# Other > Off Topic >  Will Solar Power Be Dominant in the Next 15 years?

## Larry

So, this is a hotly debated topic in some circles.  What are the prospects of solar power becoming the dominant energy source of this planet in the next 15 years or so.  By 2029 solar power will be much cheaper than oil, and even natural gas.  Will this drive a new green energy explosion?  opinions?

----------


## CrazyLynx

No my friend set up about 200square meters solar power plant and in Poland there he have 3 month per year 100% eficciency and 3 months 10% eficciency. Solar isnt good idea at last in Poland

----------


## Feign

I'm not even going to be cryptic in my predictions.  Solar is never going to outpace biofuels for cost.  And that's assuming there is no sociopolitical shift in views on fission power, and no advances whatsoever in fusion power.

In 80 to 150 years when we actually finally run out of fossil-based ground oil (assuming we don't find more somewhere and that our power needs keep growing steadily rather than somehow skyrocketing), sustainable biofuels will pretty seamlessly take over in almost exactly the same style powerplants that we have today.

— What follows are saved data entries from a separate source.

// The session of a run: files over a volume in memory, and where the script is.

ghost use Rattle.std.specs.Prelude.{◌≡◌, ℕ, ◌<◌, ◌≤◌, ◌+◌, ◌++◌, ◌^◌, [], IfOk, OnOk, false, true, List, length};
ghost use Rattle.ubifs_base.specs.RawOf.{raw_of};
ghost use Rattle.buffered_files.specs.Alike.{IsAlike};
ghost use Rattle.buffered_files.specs.Calls.{SureGoes};
ghost use Rattle.buffered_files.specs.Present.{present};
ghost use Rattle.fs_model.specs.declared.backing_answers.Mode.TheVariants.{ReadWrite};
ghost use Rattle.fs_model.specs.declared.reply.Reply.TheVariants.{Done};
ghost use Rattle.plain_backing.specs.PlainBacking.{Covers, backing_state_of, outlook_of};
ghost use Rattle.script_text.specs.declared.part.Part.TheVariants.{Line, Mount, Unmount};
ghost use Rattle.script_text.specs.Script.{MayStand};
ghost use Rattle.vfs_ops.specs.declared.event.Event.TheVariants.{Call};
ghost use Rattle.vfs_ops.specs.declared.event.Outcome.TheVariants.{Replied};
ghost use Rattle.vfs_ops.specs.Background.{is_work};
ghost use Rattle.vfs_ops.specs.Events.{HasSynced, IsCalled as IsCalledEvent, IsReply, grant_of};
ghost use Rattle.vfs_ops.specs.Passing.{IsStep};
ghost use Rattle.script_run.specs.Replies.{IsPartCalled};
ghost use Rattle.fs_model.specs.Files.{Tree};
ghost use Rattle.fs_model.specs.Orphan.{without_nameless};
ghost use Rattle.fs_model.specs.Proper.{IsProper};
ghost use Rattle.script_run.specs.Run.{HasGrown, IsScriptPart, IsReplied, IsUnmounted, LeavesOnly, opening_on};
ghost use Rattle.script_run.specs.Sessions.{IsBare, IsSession, IsSteady, running_of, mounted_over, state_in};

use crate::nameless::without_nameless;
use crate::opening::{Opening, backing_of};
use buffered_files::{clean_files_are_those_of_the_backing, present_files_are_sound};
use fs_laws::a_mount_keeps_trees_proper;
use fs_model::{Backing, Op, Reply};
use plain_backing::PlainBacking;
use script_phase::is_memory;
use script_text::{Part, write_reply};
use space_sums::more_never_lowers_the_need;
use std::alloc::Global;
use traced_files::a_line_leaves_what_was_seen;
use ubifs_base::{Geometry, Memory};
use vfs_ops::{Event, Fs, Outcome, a_plain_answer_is_no_refusal};

/// How many clean pages are kept in memory.
const CLEAN: u32 = 1024;

/// Files over a volume in memory, its geometry, whether it is mounted, and the time in seconds since 1970. Then how many lines of the caller stand
/// behind the last line of another kind, and how many workers are at work beside the callers.
#[derive(Drop)]
pub(crate) struct Session {
    pub(crate) fs: Fs<PlainBacking>,
    pub(crate) geometry: Geometry,
    pub(crate) mounted: bool,
    pub(crate) now: u64,
    pub(crate) number: u64,
    pub(crate) workers: u16,
}

/// A session on a volume, which isn't mounted.
pub(crate) fn first_session(alloc: Global, opening: Opening) -> Result<Session, Memory>
    ensures session { IfOk result (λ session. IsSession (raw_of opening.geometry) session) }
    ensures opening { IfOk result (λ session. running_of session ≡ opening_on opening.tree (state_in session).journal opening.space.weight) }
    ensures left { IfOk result (λ session. LeavesOnly (state_in session).journal opening.tree) }
{
    let Opening {
        geometry,
        tree,
        space,
    } = opening;
    let backing = backing_of(alloc, geometry, tree, space)?;
    let fs = files_over(alloc, backing)?;
    Ok(Session {
        fs,
        geometry,
        mounted: false,
        now: 0,
        number: 0,
        workers: 0,
    })
}

/// Does what a line of a script says, and appends what it prints. The error is want of memory.
pub(crate) fn next(
    alloc: Global,
    session: Session,
    part: Part,
    text: &mut Vec<u8>,
) -> Result<Session, Memory>
    requires session { IsSession (state_in session).geometry session }
    requires call { IsPartCalled part }
    requires stands { MayStand session.mounted part }
    requires few { session.number < 2 ^ 32 }
    ensures session { IfOk result (λ new. IsSession (state_in session).geometry new) }
    ensures part { IfOk result (λ new. (line : List ℕ) × IsScriptPart (state_in session).geometry (running_of session) part line (running_of new) × (text.new.items ≡ text.old.items ++ line)) }
    ensures few { IfOk result (λ new. new.number ≤ session.number + 1) }
{
    match part {
        Part::Unmount => unmounted(alloc, session, text),
        other => went_on(session, other, text),
    }
}

// Does what a line says that is no unmount.
fn went_on(session: Session, part: Part, text: &mut Vec<u8>) -> Result<Session, Memory>
    requires session { IsSession (state_in session).geometry session }
    requires call { IsPartCalled part }
    requires stands { MayStand session.mounted part }
    requires few { session.number < 2 ^ 32 }
    requires other { part ≡ Unmount → ⊥ }
    ensures session { IfOk result (λ new. IsSession (state_in session).geometry new) }
    ensures part { IfOk result (λ new. (line : List ℕ) × IsScriptPart (state_in session).geometry (running_of session) part line (running_of new) × (text.new.items ≡ text.old.items ++ line)) }
    ensures few { IfOk result (λ new. new.number ≤ session.number + 1) }
{
    let mut session = session;
    go_on(&mut session, part, text)?;
    Ok(session)
}

// Does it where the session stands.
fn go_on(session: &mut Session, part: Part, text: &mut Vec<u8>) -> Result<(), Memory>
    requires session { IsSession (state_in session.old).geometry session.old }
    requires call { IsPartCalled part }
    requires stands { MayStand session.old.mounted part }
    requires few { session.old.number < 2 ^ 32 }
    requires other { part ≡ Unmount → ⊥ }
    ensures session { OnOk result (IsSession (state_in session.old).geometry session.new) }
    ensures part { OnOk result ((line : List ℕ) × IsScriptPart (state_in session.old).geometry (running_of session.old) part line (running_of session.new) × (text.new.items ≡ text.old.items ++ line)) }
    ensures few { OnOk result (session.new.number ≤ session.old.number + 1) }
{
    match part {
        Part::Mount => mount(session, text),
        Part::Now { now } => {
            session.now = now;
            session.number = 0;
            Ok(())
        }
        Part::Workers { count } => {
            session.workers = count;
            session.number = 0;
            Ok(())
        }
        Part::Line { caller, op } => serve(session, caller, op, text),
        Part::Unmount => unreachable!(),
    }
}

// Mounts the volume.
fn mount(session: &mut Session, text: &mut Vec<u8>) -> Result<(), Memory>
    requires session { IsSession (state_in session.old).geometry session.old }
    ensures session { OnOk result (IsSession (state_in session.old).geometry session.new) }
    ensures part { OnOk result ((line : List ℕ) × IsScriptPart (state_in session.old).geometry (running_of session.old) Mount line (running_of session.new) × (text.new.items ≡ text.old.items ++ line)) }
    ensures few { OnOk result (session.new.number ≡ 0) }
{
    text.extend_from_slice(b"mount rw\n".as_slice())?;
    session.mounted = true;
    session.number = 0;
    Ok(())
}

// Unmounts it: all is put, nobody has a file open any more, and what has no name is gone.
fn unmounted(alloc: Global, session: Session, text: &mut Vec<u8>) -> Result<Session, Memory>
    requires session { IsSession (state_in session).geometry session }
    ensures session { IfOk result (λ new. IsSession (state_in session).geometry new) }
    ensures part { IfOk result (λ new. (line : List ℕ) × IsScriptPart (state_in session).geometry (running_of session) Unmount line (running_of new) × (text.new.items ≡ text.old.items ++ line)) }
    ensures few { IfOk result (λ new. new.number ≡ 0) }
{
    text.extend_from_slice(b"unmount clean\n".as_slice())?;
    away(alloc, session)
}

// The session behind an unmount.
fn away(alloc: Global, session: Session) -> Result<Session, Memory>
    requires session { IsSession (state_in session).geometry session }
    ensures session { IfOk result (λ new. IsSession (state_in session).geometry new) }
    ensures unmounted { IfOk result (λ new. IsUnmounted (state_in session).geometry (running_of session) (running_of new)) }
    ensures few { IfOk result (λ new. new.number ≡ 0) }
{
    let fs = put_away(alloc, session.geometry, session.fs)?;
    Ok(Session {
        fs,
        geometry: session.geometry,
        mounted: false,
        now: session.now,
        number: 0,
        workers: session.workers,
    })
}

Even if the currently most powerful country on earth adopts a political stance of using nothing but solar, the countries that stick to more efficient methods of producing power will grow to dominate the power consumption and drag the global average away from solar power.

----------


## Compro01

> I'm not even going to be cryptic in my predictions.  Solar is never going to outpace biofuels for cost.  And that's assuming there is no sociopolitical shift in views on fission power, and no advances whatsoever in fusion power.
> 
> In 80 to 150 years when we actually finally run out of fossil-based ground oil (assuming we don't find more somewhere and that our power needs keep growing steadily rather than somehow skyrocketing), sustainable biofuels will pretty seamlessly take over in almost exactly the same style powerplants that we have today.
> 
> Even if the currently most powerful country on earth adopts a political stance of using nothing but solar, the countries that stick to more efficient methods of producing power will grow to dominate the power consumption and drag the global average away from solar power.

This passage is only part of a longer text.